The “patriotism problem” among Leave voters in Wales seems much more muted compared to that seen across the rest of Britain. Polls in the run-up to election day suggested that Labour in Wales was on course to win close to 30 per cent of those who voted Leave in 2016. This data-point is very different to the 10 per cent the party is currently forecast to win across Britain under Starmer.
As Chris Curtis from Opinium points out, the Tories in Wales haven’t succeeded in owning the Leave brand as they have in England. Leave and Ukip voters predominantly motivated by sentiments of patriotism don’t feel the need to actively oppose Welsh Labour as some voters of a similar bent do with English Labour. Welsh Labour, for a variety of reasons, with one perhaps being that the party is better associated with Welshness than English Labour is with Englishness, is not seen as big a threat to those particular votes as English Labour is.
How much does this matter?
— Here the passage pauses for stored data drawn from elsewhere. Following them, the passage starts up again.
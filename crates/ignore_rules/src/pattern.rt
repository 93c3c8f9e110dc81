// What a pattern is written with.
use std::alloc::Allocator;

/// The bytes from a first to a last.
#[derive(Clone, Copy)]
pub struct Range {
    pub first: u8,
    pub last: u8,
}

/// A sign of a pattern.
#[derive(Drop)]
pub enum Sign<A: Allocator> {
    /// This byte.
    Byte(u8),
    /// `?`: any byte but a slash.
    One,
    /// `[..]`: one of these bytes.
    OneOf(Vec<Range, A>),
    /// `[!..]`: any byte but these and a slash.
    NoneOf(Vec<Range, A>),
    /// `*`: any bytes but slashes.
    Many,
    /// `**/`: any folders, each with its slash.
    Folders,
    /// What fits nothing: a backslash at the end, or a bracket that is not closed.
    Nothing,
}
Like it or not, these are voters the Labour Party needs. One key takeaway from the local elections is that, like a badly constructed tent, Labour’s support has been sagging quite drastically in one corner. Its support needs to be broader and well-established across all corners, and retaining merely the youthful, the renting, the affluent urban and the professional is no election-winning scheme when towns such as Hartlepool have grown increasingly older and engaged more in the business of home ownership.
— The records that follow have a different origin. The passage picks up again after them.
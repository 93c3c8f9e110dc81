// The signs of a pattern.
ghost use Rattle.std.specs.Prelude.{◌≡◌, ◌<◌, ◌++◌, IfOk, IsTrue, MatchOption, OnOk, drop, false, length, map};
ghost use Rattle.std.specs.Prelude.{option_map, true};
ghost use Rattle.ignore_rules.specs.Fits.{as_sign};
ghost use Rattle.ignore_rules.specs.Reading.{IsPut, asterisk_in, byte_in, closes_at, ends_name, is_inverse, joined};
ghost use Rattle.ignore_rules.specs.Reading.{quoted_in, range_in, ranges_in, set_in, sign_in, signs_of};

use crate::parts::SLASH;
use crate::pattern::{Range, Sign};
use std::alloc::{AllocError, Allocator};

// A byte in brackets, and what follows it.
fn byte_in(text: &[u8]) -> Option<(u8, &[u8])>
    ensures { option_map (λ it. record { value = it.0; after = it.1.now }) result ≡ byte_in text.now }
{
    let (first, more) = text.split_first()?;
    match more.split_first() {
        Some((second, after)) if *first == b'\\' => Some((*second, after)),
        _ => Some((*first, more)),
    }
}

// A byte or a range of bytes in brackets, and what follows it.
fn range_in(text: &[u8]) -> Option<(Range, &[u8])>
    ensures { option_map (λ it. record { value = it.0; after = it.1.now }) result ≡ range_in text.now }
{
    let (first, after) = byte_in(text)?;
    if after.starts_with(b"-") && !after.starts_with(b"-]") {
        let (last, after) = byte_in(&after[1..])?;
        Some((Range { first, last }, after))
    } else {
        Some((Range { first, last: first }, after))
    }
}

// What follows the bracket that closes a set here, if one may and does.
fn closing(closes: bool, text: &[u8]) -> Option<&[u8]>
    ensures { MatchOption result (closes_at closes text.now ≡ false)
        (λ after. (closes_at closes text.now ≡ true) × (after.now ≡ drop 1 text.now)) }
{
    if closes && text.starts_with(b"]") {
        Some(&text[1..])
    } else {
        None
    }
}

// Adds the ranges before the bracket that closes them, and gives what follows it, if one does.
fn read_ranges<'t, A: Allocator>(
    ranges: &mut Vec<Range, A>,
    text: &'t [u8],
    most: usize,
) -> Result<Option<&'t [u8]>, AllocError>
    ensures { IfOk result (λ after. MatchOption after (ranges_in most false text.now ≡ None)
        (λ it. option_map (joined ranges.old.items) (ranges_in most false text.now)
        ≡ Some (record { value = ranges.new.items; after = it.now }))) }
{
    let mut closes = false;
    let mut rest = text;
    for done in 0..most {
        if let Some(after) = closing(closes, rest) {
            return Ok(Some(after));
        }
        let Some((range, after)) = range_in(rest) else {
            return Ok(None);
        };
        ranges.push(range)?;
        closes = true;
        rest = after;
    }
    Ok(None)
}

// Whether a name begins after a sign.
fn ends_name<A: Allocator>(sign: &Sign<A>) -> bool
    ensures { result ≡ ends_name (as_sign sign.now) }
{
    match sign {
        Sign::Byte(byte) => *byte == SLASH,
        Sign::Folders => true,
        Sign::One | Sign::OneOf(_) | Sign::NoneOf(_) | Sign::Many | Sign::Nothing => false,
    }
}

// Adds a sign, and gives whether a name begins after it, and what follows it.
fn put<'t, A: Allocator>(
    signs: &mut Vec<Sign<A>, A>,
    sign: Sign<A>,
    after: &'t [u8],
) -> Result<(bool, &'t [u8]), AllocError>
    ensures { IfOk result (λ it. IsPut (record { value = as_sign sign; after = after.now })
        (map as_sign signs.old.items) (map as_sign signs.new.items) it.0 it.1.now) }
{
    let begins = ends_name(&sign);
    signs.push(sign)?;
    Ok((begins, after))
}

// Whether a set is of the bytes that are not in brackets.
fn is_inverse(text: &[u8]) -> bool
    ensures value { result ≡ is_inverse text.now }
    ensures within { IsTrue result → 0 < length text.now }
{
    text.starts_with(b"!") || text.starts_with(b"^")
}

// The same of the set after an opening bracket.
fn put_set<'t, A: Allocator + Copy>(
    alloc: A,
    signs: &mut Vec<Sign<A>, A>,
    text: &'t [u8],
) -> Result<(bool, &'t [u8]), AllocError>
    ensures { IfOk result (λ it. IsPut (set_in text.now) (map as_sign signs.old.items)
        (map as_sign signs.new.items) it.0 it.1.now) }
{
    let mut ranges = Vec::new(alloc);
    if is_inverse(text) {
        match read_ranges(&mut ranges, &text[1..], text.len())? {
            Some(after) => put(signs, Sign::NoneOf(ranges), after),
            None => put(signs, Sign::Nothing, &text[..0]),
        }
    } else {
        match read_ranges(&mut ranges, text, text.len())? {
            Some(after) => put(signs, Sign::OneOf(ranges), after),
            None => put(signs, Sign::Nothing, &text[..0]),
        }
    }
}

// The same after an asterisk, where a name begins or not.
fn put_asterisk<'t, A: Allocator>(
    signs: &mut Vec<Sign<A>, A>,
    begins: bool,
    text: &'t [u8],
) -> Result<(bool, &'t [u8]), AllocError>
    ensures { IfOk result (λ it. IsPut (asterisk_in begins text.now) (map as_sign signs.old.items)
        (map as_sign signs.new.items) it.0 it.1.now) }
{
    if begins && text.starts_with(b"*/") {
        put(signs, Sign::Folders, &text[2..])
    } else if begins && text == b"*".as_slice() {
        put(signs, Sign::Folders, text)
    } else {
        put(signs, Sign::Many, text)
    }
}

// The same after a backslash.
fn put_quoted<'t, A: Allocator>(
    signs: &mut Vec<Sign<A>, A>,
    text: &'t [u8],
) -> Result<(bool, &'t [u8]), AllocError>
    ensures { IfOk result (λ it. IsPut (quoted_in text.now) (map as_sign signs.old.items)
        (map as_sign signs.new.items) it.0 it.1.now) }
{
    match text.split_first() {
        Some((byte, after)) => put(signs, Sign::Byte(*byte), after),
        None => put(signs, Sign::Nothing, text),
    }
}

// The same of the sign that begins with this byte.
fn put_sign<'t, A: Allocator + Copy>(
    alloc: A,
    signs: &mut Vec<Sign<A>, A>,
    begins: bool,
    first: u8,
    text: &'t [u8],
) -> Result<(bool, &'t [u8]), AllocError>
    ensures { IfOk result (λ it. IsPut (sign_in begins first text.now) (map as_sign signs.old.items)
        (map as_sign signs.new.items) it.0 it.1.now) }
{
    match first {
        b'*' => put_asterisk(signs, begins, text),
        b'?' => put(signs, Sign::One, text),
        b'[' => put_set(alloc, signs, text),
        b'\\' => put_quoted(signs, text),
        byte => put(signs, Sign::Byte(byte), text),
    }
}

/// Adds the signs of a pattern.
pub fn read_signs<A: Allocator + Copy>(
    alloc: A,
    signs: &mut Vec<Sign<A>, A>,
    text: &[u8],
) -> Result<(), AllocError>
    ensures { OnOk result (map as_sign signs.new.items ≡ map as_sign signs.old.items ++ signs_of text.now) }
{
    let mut begins = true;
    let mut rest = text;
    for done in 0..text.len() {
        let Some((first, more)) = rest.split_first() else {
            return Ok(());
        };
        (begins, rest) = put_sign(alloc, signs, begins, *first, more)?;
    }
    Ok(())
}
That “broad church” of a coalition cannot succeed by merely maximising turnout among the young and middle class; there’s not enough of them to win. Labour’s Leave problem must be allayed if it wants to govern in the 2020s.
Ukip’s Welsh base of 13 per cent in 2016 (both on the constituency and regional ballot) didn’t transfer neatly to the Conservatives in 2021. This may, true, be partly down to Drakeford’s incumbency advantage this time around. But could it be that Ukip voters occupied primarily by issues of national identity did not feel repelled or threatened by Welsh Labour, as they so often do with English Labour?
There is evidence to suggest that Labour’s success in Wales is indeed in part down to identity – but is the national party, and its commentators, ready to learn from it?